** Exercise aim **
Output the listing exactly, leaving nothing out.

** Supplied material **
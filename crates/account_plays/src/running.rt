//! The turns of a run of a code, with their accounts.
ghost use Rattle.std.specs.Prelude.{◌≡◌, false, IfSome};
ghost use Rattle.tool_io.specs.Lines.{IsWhole};
ghost use Rattle.scan_paths.specs.Scans.{lengths_of};
ghost use Rattle.scan_paths.specs.Cables.{cable_faults, IsCableLast};
ghost use Rattle.machine_memory.specs.Acts.{state_of};
ghost use Rattle.stapl_machine.specs.Runs.{run_of};
ghost use Rattle.code_plays.specs.CodePlays.{NeverRises, WasClocked};
ghost use Rattle.account_plays.specs.AccountTurns.{IsOpenCable, CanPlayTurns};
ghost use Rattle.account_plays.specs.AccountedRuns.{HasTurnAt, IsUntoldAt, TurnsAreTold, TurnsFindRoom, HasPlayedTurns};

use crate::accounting::account_turn;
use crate::turns::Course;
use account_lines::TurnPlace;
use base::Steps;
use machine_memory::memory::Workspace;
use run_cable::Runs;
use scan_paths::Cable;
use stapl_instructions::Went;
use stapl_machine::piece_at;
use stapl_meaning::Ending;
use std::sync::ledger::Ledger;
use tap_states::Tap;
use tool_io::{Failed, Lines, Sink};

/// How a run stands when it is over: its ending, if it has one, and how many turns it had.
#[derive(Clone, Copy)]
pub struct Over {
    pub ending: Option<Ending>,
    pub turns: u32,
}

// What is told of the piece of the turn at a place of a code, if there is a turn and it is told. A code counts pieces from
// 1, and the table from 0.
fn said_at(course: &Course<'_>, place: u32) -> Option<TurnPlace>
    ensures told { IfSome result (HasTurnAt course.now.code.now course.now.table.now place) }
    ensures untold { IsUntoldAt course.now.code.now course.now.table.now place result }
{
    let piece = piece_at(course.code.instrs.as_slice(), place as usize)?;
    let index = piece.checked_sub(1)?;
    course.table.get(index as usize).copied()
}

/// Plays at most so many turns of a code, from a place and a state of the controllers on and over a cable that never
/// fails, and puts the text of each: what it writes besides, and then the lines of its runs. There is no ending if the
/// run met what no valid code meets.
///
/// `Failed` as of the sink; then a front of the text was put. It takes no memory.
pub fn account_turns<C: Cable, K: Sink, L: Ledger>(
    course: &Course<'_>,
    start: u32,
    from: Tap,
    work: &mut Workspace,
    cable: &mut C,
    runs: &mut Runs,
    out: &mut Lines<K>,
    turns: u32,
    steps: &mut Steps<L>,
) -> Result<Over, Failed>
    requires ready { CanPlayTurns course.now.code.now work.old }
    requires open { IsOpenCable C.Cable from cable.old }
    requires sure { NeverRises (cable_faults C.line_faults C.pin_faults) (IsCableLast C.is_line_last C.is_pin_last) }
    requires whole { IsWhole out.old }
    requires none_lost { runs.old.lost ≡ false }
    requires told { TurnsAreTold C.Cable course.now.code.now course.now.table.now (lengths_of course.now.base)
        (λ n. run_of course.now.code.now n start (state_of course.now.chosen.now work.old)) from cable.old }
    requires room { TurnsFindRoom C.Cable course.now.code.now course.now.table.now (lengths_of course.now.base)
        (λ n. run_of course.now.code.now n start (state_of course.now.chosen.now work.old)) from cable.old runs.old }
    ensures played { HasPlayedTurns C.Cable K.Sink course.now.code.now course.now.table.now (lengths_of course.now.base)
        (λ n. run_of course.now.code.now n start (state_of course.now.chosen.now work.old)) from cable.old runs.old out.old
        turns cable.new runs.new out.new result }
    ensures clocked { WasClocked C.made cable.old cable.new }
{
    let mut place = start;
    let mut tap = from;
    for turn in 0..turns {
        let Some(said) = said_at(course, place) else {
            unreachable!()
        };
        let turned = match account_turn(course, place, said, tap, work, cable, runs, out, steps) {
            Ok(turned) => turned,
            Err(failed) => return Err(failed),
        };
        match turned.went {
            Went::On(to) => {
                place = to;
                tap = turned.tap;
            }
            Went::Over(ending) => {
                return Ok(Over {
                    ending,
                    turns: turn + 1,
                });
            }
        }
    }
    Ok(Over {
        ending: Some(Ending::Spent),
        turns,
    })
}
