//! Plays of a code with an account: what each turn did at the pins.
#![tactic(auto)]

mod accounting;
mod playing;
mod resetting;
mod run_lines;
mod running;
mod turns;

pub use accounting::account_turn;
pub use playing::account_run;
pub use resetting::account_reset;
pub use running::{Over, account_turns};
pub use turns::{Course, Turned};
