//! The lines of the runs of a turn.
ghost use Rattle.std.specs.Prelude.{◌≡◌, ◌≤◌, ◌<◌, ◌+◌, ◌^◌, List, Bool, length};
ghost use Rattle.tool_io.specs.Lines.{IsWhole, HasPut};
ghost use Rattle.scan_paths.specs.Scans.{lengths_of};
ghost use Rattle.scan_accounts.specs.Accounts.{said_run};
ghost use Rattle.account_lines.specs.RunLines.{turn_run_line};
ghost use Rattle.run_cable.specs.KeptRuns.{run_at};
ghost use Rattle.run_cable.specs.EndedRuns.{AreInside, runs_in};
ghost use Rattle.account_plays.specs.RunTexts.{IsTrimmed, IsSaidAt, runs_text};

use account_lines::{TurnPlace, put_run};
use run_cable::{EndedRuns, RunPlace};
use scan_paths::BasePads;
use tool_io::{Failed, Lines, Sink};

// A place without so many bits at its beginning and at its end.
fn trimmed(at: RunPlace, before: u32, after: u32) -> RunPlace
    requires { at.low + at.count < 2 ^ 32 }
    ensures { IsTrimmed at before after result }
{
    let front = before.min(at.count);
    RunPlace {
        ir: at.ir,
        low: at.low + front,
        count: (at.count - front).saturating_sub(after),
    }
}

// Where the bits of a run stand that are said: without the base padding if the turn scans.
fn said_place(base: &BasePads, scans: bool, at: RunPlace) -> RunPlace
    requires { at.low + at.count < 2 ^ 32 }
    ensures { IsSaidAt (lengths_of base.now) scans at result }
{
    if !scans {
        return at;
    }
    if at.ir {
        trimmed(at, base.pre_ir, base.post_ir)
    } else {
        trimmed(at, base.pre_dr, base.post_dr)
    }
}

// Puts the line of a run of a turn.
fn put_said<K: Sink>(
    out: &mut Lines<K>,
    turn: TurnPlace,
    base: &BasePads,
    runs: &EndedRuns<'_>,
    at: RunPlace,
) -> Result<(), Failed>
    requires whole { IsWhole out.old }
    requires inside { at.low + at.count ≤ length runs.now.bits_in.now }
    requires as_many { length runs.now.bits_out.now ≡ length runs.now.bits_in.now }
    ensures { HasPut K.Sink out.old
        (turn_run_line turn (said_run (lengths_of base.now) turn.scans
        (run_at runs.now.bits_in.now runs.now.bits_out.now at))) out.new result }
{
    let _most = runs.bits_in.len();
    let said = said_place(base, turn.scans, at);
    put_run(out, turn, said, runs.bits_in, runs.bits_out)
}

/// Puts the lines of the runs of a turn, in order: of a turn that scans without base padding.
///
/// `Failed` as of the sink.
pub(crate) fn put_runs<K: Sink>(
    out: &mut Lines<K>,
    turn: TurnPlace,
    base: &BasePads,
    runs: &EndedRuns<'_>,
) -> Result<(), Failed>
    requires whole { IsWhole out.old }
    requires inside { AreInside runs.now }
    ensures { HasPut K.Sink out.old (runs_text turn (lengths_of base.now) (runs_in runs.now)) out.new result }
{
    for at in runs.places {
        put_said(out, turn, base, runs, *at)?;
    }
    Ok(())
}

** Problem solution **
filename crates/account_plays/src/running.rt
//! The turns of a run of a code, with their accounts.
ghost use Rattle.std.specs.Prelude.{◌≡◌, false, IfSome};
ghost use Rattle.tool_io.specs.Lines.{IsWhole};
ghost use Rattle.scan_paths.specs.Scans.{lengths_of};
ghost use Rattle.scan_paths.specs.Cables.{cable_faults, IsCableLast};
ghost use Rattle.machine_memory.specs.Acts.{state_of};
ghost use Rattle.stapl_machine.specs.Runs.{run_of};
ghost use Rattle.code_plays.specs.CodePlays.{NeverRises, WasClocked};
ghost use Rattle.account_plays.specs.AccountTurns.{IsOpenCable, CanPlayTurns};
ghost use Rattle.account_plays.specs.AccountedRuns.{HasTurnAt, IsUntoldAt, TurnsAreTold, TurnsFindRoom, HasPlayedTurns};

use crate::accounting::account_turn;
use crate::turns::Course;
use account_lines::TurnPlace;
use base::Steps;
use machine_memory::memory::Workspace;
use run_cable::Runs;
use scan_paths::Cable;
use stapl_instructions::Went;
use stapl_machine::piece_at;
use stapl_meaning::Ending;
use std::sync::ledger::Ledger;
use tap_states::Tap;
use tool_io::{Failed, Lines, Sink};

/// How a run stands when it is over: its ending, if it has one, and how many turns it had.
#[derive(Clone, Copy)]
pub struct Over {
    pub ending: Option<Ending>,
    pub turns: u32,
}

// What is told of the piece of the turn at a place of a code, if there is a turn and it is told. A code counts pieces from
// 1, and the table from 0.
fn said_at(course: &Course<'_>, place: u32) -> Option<TurnPlace>
    ensures told { IfSome result (HasTurnAt course.now.code.now course.now.table.now place) }
    ensures untold { IsUntoldAt course.now.code.now course.now.table.now place result }
{
    let piece = piece_at(course.code.instrs.as_slice(), place as usize)?;
    let index = piece.checked_sub(1)?;
    course.table.get(index as usize).copied()
}

/// Plays at most so many turns of a code, from a place and a state of the controllers on and over a cable that never
/// fails, and puts the text of each: what it writes besides, and then the lines of its runs. There is no ending if the
/// run met what no valid code meets.
///
/// `Failed` as of the sink; then a front of the text was put. It takes no memory.
pub fn account_turns<C: Cable, K: Sink, L: Ledger>(
    course: &Course<'_>,
    start: u32,
    from: Tap,
    work: &mut Workspace,
    cable: &mut C,
    runs: &mut Runs,
    out: &mut Lines<K>,
    turns: u32,
    steps: &mut Steps<L>,
) -> Result<Over, Failed>
    requires ready { CanPlayTurns course.now.code.now work.old }
    requires open { IsOpenCable C.Cable from cable.old }
    requires sure { NeverRises (cable_faults C.line_faults C.pin_faults) (IsCableLast C.is_line_last C.is_pin_last) }
    requires whole { IsWhole out.old }
    requires none_lost { runs.old.lost ≡ false }
    requires told { TurnsAreTold C.Cable course.now.code.now course.now.table.now (lengths_of course.now.base)
        (λ n. run_of course.now.code.now n start (state_of course.now.chosen.now work.old)) from cable.old }
    requires room { TurnsFindRoom C.Cable course.now.code.now course.now.table.now (lengths_of course.now.base)
        (λ n. run_of course.now.code.now n start (state_of course.now.chosen.now work.old)) from cable.old runs.old }
    ensures played { HasPlayedTurns C.Cable K.Sink course.now.code.now course.now.table.now (lengths_of course.now.base)
        (λ n. run_of course.now.code.now n start (state_of course.now.chosen.now work.old)) from cable.old runs.old out.old
        turns cable.new runs.new out.new result }
    ensures clocked { WasClocked C.made cable.old cable.new }
{
    let mut place = start;
    let mut tap = from;
    for turn in 0..turns {
        let Some(said) = said_at(course, place) else {
            unreachable!()
        };
        let turned = match account_turn(course, place, said, tap, work, cable, runs, out, steps) {
            Ok(turned) => turned,
            Err(failed) => return Err(failed),
        };
        match turned.went {
            Went::On(to) => {
                place = to;
                tap = turned.tap;
            }
            Went::Over(ending) => {
                return Ok(Over {
                    ending,
                    turns: turn + 1,
                });
            }
        }
    }
    Ok(Over {
        ending: Some(Ending::Spent),
        turns,
    })
}
//! Plays of a code with an account: what each turn did at the pins.
#![tactic(auto)]

mod accounting;
mod playing;
mod resetting;
mod run_lines;
mod running;
mod turns;

pub use accounting::account_turn;
pub use playing::account_run;
pub use resetting::account_reset;
pub use running::{Over, account_turns};
pub use turns::{Course, Turned};
//! The lines of the runs of a turn.
ghost use Rattle.std.specs.Prelude.{◌≡◌, ◌≤◌, ◌<◌, ◌+◌, ◌^◌, List, Bool, length};
ghost use Rattle.tool_io.specs.Lines.{IsWhole, HasPut};
ghost use Rattle.scan_paths.specs.Scans.{lengths_of};
ghost use Rattle.scan_accounts.specs.Accounts.{said_run};
ghost use Rattle.account_lines.specs.RunLines.{turn_run_line};
ghost use Rattle.run_cable.specs.KeptRuns.{run_at};
ghost use Rattle.run_cable.specs.EndedRuns.{AreInside, runs_in};
ghost use Rattle.account_plays.specs.RunTexts.{IsTrimmed, IsSaidAt, runs_text};

use account_lines::{TurnPlace, put_run};
use run_cable::{EndedRuns, RunPlace};
use scan_paths::BasePads;
use tool_io::{Failed, Lines, Sink};

// A place without so many bits at its beginning and at its end.
fn trimmed(at: RunPlace, before: u32, after: u32) -> RunPlace
    requires { at.low + at.count < 2 ^ 32 }
    ensures { IsTrimmed at before after result }
{
    let front = before.min(at.count);
    RunPlace {
        ir: at.ir,
        low: at.low + front,
        count: (at.count - front).saturating_sub(after),
    }
}

// Where the bits of a run stand that are said: without the base padding if the turn scans.
fn said_place(base: &BasePads, scans: bool, at: RunPlace) -> RunPlace
    requires { at.low + at.count < 2 ^ 32 }
    ensures { IsSaidAt (lengths_of base.now) scans at result }
{
    if !scans {
        return at;
    }
    if at.ir {
        trimmed(at, base.pre_ir, base.post_ir)
    } else {
        trimmed(at, base.pre_dr, base.post_dr)
    }
}

// Puts the line of a run of a turn.
fn put_said<K: Sink>(
    out: &mut Lines<K>,
    turn: TurnPlace,
    base: &BasePads,
    runs: &EndedRuns<'_>,
    at: RunPlace,
) -> Result<(), Failed>
    requires whole { IsWhole out.old }
    requires inside { at.low + at.count ≤ length runs.now.bits_in.now }
    requires as_many { length runs.now.bits_out.now ≡ length runs.now.bits_in.now }
    ensures { HasPut K.Sink out.old
        (turn_run_line turn (said_run (lengths_of base.now) turn.scans
        (run_at runs.now.bits_in.now runs.now.bits_out.now at))) out.new result }
{
    let _most = runs.bits_in.len();
    let said = said_place(base, turn.scans, at);
    put_run(out, turn, said, runs.bits_in, runs.bits_out)
}

/// Puts the lines of the runs of a turn, in order: of a turn that scans without base padding.
///
/// `Failed` as of the sink.
pub(crate) fn put_runs<K: Sink>(
    out: &mut Lines<K>,
    turn: TurnPlace,
    base: &BasePads,
    runs: &EndedRuns<'_>,
) -> Result<(), Failed>
    requires whole { IsWhole out.old }
    requires inside { AreInside runs.now }
    ensures { HasPut K.Sink out.old (runs_text turn (lengths_of base.now) (runs_in runs.now)) out.new result }
{
    for at in runs.places {
        put_said(out, turn, base, runs, *at)?;
    }
    Ok(())
}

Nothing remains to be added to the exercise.